▸ What is required:
Present the following entries again, word for word and in full.

▸ Data to process:

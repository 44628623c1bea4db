//! Why words are no question.
ghost use Rattle.std.specs.Prelude.{◌≡◌, Some};
ghost use Rattle.sto_question.specs.FaultTexts.{fault_text, question_error_text};
ghost use Rattle.sto_question.specs.declared.fault.QuestionError.TheVariants.{NoMemory};

use std::alloc::AllocError;
use std::fmt;

/// What is wrong with the words of a question.
#[derive(Clone, Copy, PartialEq, Eq, Debug)]
pub enum QuestionFault {
    /// They are not in the grammar.
    BadWords,
    /// A word in the place of a number is none of 64 bits.
    BadNumber,
    /// No object has this name.
    UnknownName,
    /// A box or a counter has a key, or another object has none.
    WrongKind,
}

impl fmt::Display for QuestionFault {
    ghost output = { λ fault. Some (fault_text fault) };

    fn fmt<W: fmt::Write>(&self, f: &mut fmt::Formatter<W>) -> fmt::Result {
        match self {
            QuestionFault::BadWords => write!(f, "bad words"),
            QuestionFault::BadNumber => write!(f, "bad number"),
            QuestionFault::UnknownName => write!(f, "unknown name"),
            QuestionFault::WrongKind => write!(f, "wrong kind"),
        }
    }
}

/// Why a question was not read.
#[derive(Clone, Copy, PartialEq, Eq, Debug)]
pub enum QuestionError {
    Fault(QuestionFault),
    NoMemory,
}

impl fmt::Display for QuestionError {
    ghost output = { λ error. Some (question_error_text error) };

    fn fmt<W: fmt::Write>(&self, f: &mut fmt::Formatter<W>) -> fmt::Result {
        match self {
            QuestionError::Fault(fault) => write!(f, "{fault}"),
            QuestionError::NoMemory => write!(f, "out of memory"),
        }
    }
}

impl From<sto_part::NoMemory> for QuestionError {
    ghost from_gives = { λ _ e. e ≡ NoMemory };

    fn from(_: sto_part::NoMemory) -> Self {
        QuestionError::NoMemory
    }
}

impl From<AllocError> for QuestionError {
    ghost from_gives = { λ _ e. e ≡ NoMemory };

    fn from(_: AllocError) -> Self {
        QuestionError::NoMemory
    }
}
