//! Merges records that are typed by hand, and prints the reports of their journals: those of worked cases, with dropped tickets
//! among them. Then it merges long runs, and says whether each line and each abort line stands in its place.
mod case;
mod long;
mod merged;
mod printed;
mod typed;

use case::Case;
use long::is_in_order;
use printed::report_of;
use std::alloc::{AllocError, Global};
use std::io;
use sto_lang::Text;
use sto_part::NoMemory;

const CASES: [Case; 4] = [
    Case::LostUpdate,
    Case::LateRead,
    Case::WriteSkew,
    Case::PredicateBroken,
];

fn no_memory(_: NoMemory) -> AllocError {
    AllocError
}

// The report of a case; none where its script is faulty or its records are not those of the script.
fn text_of(alloc: Global, case: Case) -> Result<Option<Text>, NoMemory> {
    report_of(alloc, case.script(), case.records(alloc)?, case.left())
}

/// Prints the reports of the worked cases, and whether those of long runs are in order.
pub(crate) fn merge_all(rt: &HostRuntime) -> io::Result<()> {
    let alloc = rt.alloc();
    for case in CASES {
        match text_of(alloc, case).map_err(no_memory)? {
            Some(text) => print!(rt; "{}", text.as_str())?,
            None => println!(rt; "no report")?,
        }
    }
    for positions in [100, 1000] {
        let is_in_order = is_in_order(alloc, positions).map_err(no_memory)?;
        println!(rt; "{} records in order: {is_in_order}", positions * 10)?;
    }
    Ok(())
}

▸ Result of this task:
repository 44628623c1bea4db
//! Why words are no question.
ghost use Rattle.std.specs.Prelude.{◌≡◌, Some};
ghost use Rattle.sto_question.specs.FaultTexts.{fault_text, question_error_text};
ghost use Rattle.sto_question.specs.declared.fault.QuestionError.TheVariants.{NoMemory};

use std::alloc::AllocError;
use std::fmt;

/// What is wrong with the words of a question.
#[derive(Clone, Copy, PartialEq, Eq, Debug)]
pub enum QuestionFault {
    /// They are not in the grammar.
    BadWords,
    /// A word in the place of a number is none of 64 bits.
    BadNumber,
    /// No object has this name.
    UnknownName,
    /// A box or a counter has a key, or another object has none.
    WrongKind,
}

impl fmt::Display for QuestionFault {
    ghost output = { λ fault. Some (fault_text fault) };

    fn fmt<W: fmt::Write>(&self, f: &mut fmt::Formatter<W>) -> fmt::Result {
        match self {
            QuestionFault::BadWords => write!(f, "bad words"),
            QuestionFault::BadNumber => write!(f, "bad number"),
            QuestionFault::UnknownName => write!(f, "unknown name"),
            QuestionFault::WrongKind => write!(f, "wrong kind"),
        }
    }
}

/// Why a question was not read.
#[derive(Clone, Copy, PartialEq, Eq, Debug)]
pub enum QuestionError {
    Fault(QuestionFault),
    NoMemory,
}

impl fmt::Display for QuestionError {
    ghost output = { λ error. Some (question_error_text error) };

    fn fmt<W: fmt::Write>(&self, f: &mut fmt::Formatter<W>) -> fmt::Result {
        match self {
            QuestionError::Fault(fault) => write!(f, "{fault}"),
            QuestionError::NoMemory => write!(f, "out of memory"),
        }
    }
}

impl From<sto_part::NoMemory> for QuestionError {
    ghost from_gives = { λ _ e. e ≡ NoMemory };

    fn from(_: sto_part::NoMemory) -> Self {
        QuestionError::NoMemory
    }
}

impl From<AllocError> for QuestionError {
    ghost from_gives = { λ _ e. e ≡ NoMemory };

    fn from(_: AllocError) -> Self {
        QuestionError::NoMemory
    }
}
//! Merges records that are typed by hand, and prints the reports of their journals: those of worked cases, with dropped tickets
//! among them. Then it merges long runs, and says whether each line and each abort line stands in its place.
mod case;
mod long;
mod merged;
mod printed;
mod typed;

use case::Case;
use long::is_in_order;
use printed::report_of;
use std::alloc::{AllocError, Global};
use std::io;
use sto_lang::Text;
use sto_part::NoMemory;

const CASES: [Case; 4] = [
    Case::LostUpdate,
    Case::LateRead,
    Case::WriteSkew,
    Case::PredicateBroken,
];

fn no_memory(_: NoMemory) -> AllocError {
    AllocError
}

// The report of a case; none where its script is faulty or its records are not those of the script.
fn text_of(alloc: Global, case: Case) -> Result<Option<Text>, NoMemory> {
    report_of(alloc, case.script(), case.records(alloc)?, case.left())
}

/// Prints the reports of the worked cases, and whether those of long runs are in order.
pub(crate) fn merge_all(rt: &HostRuntime) -> io::Result<()> {
    let alloc = rt.alloc();
    for case in CASES {
        match text_of(alloc, case).map_err(no_memory)? {
            Some(text) => print!(rt; "{}", text.as_str())?,
            None => println!(rt; "no report")?,
        }
    }
    for positions in [100, 1000] {
        let is_in_order = is_in_order(alloc, positions).map_err(no_memory)?;
        println!(rt; "{} records in order: {is_in_order}", positions * 10)?;
    }
    Ok(())
}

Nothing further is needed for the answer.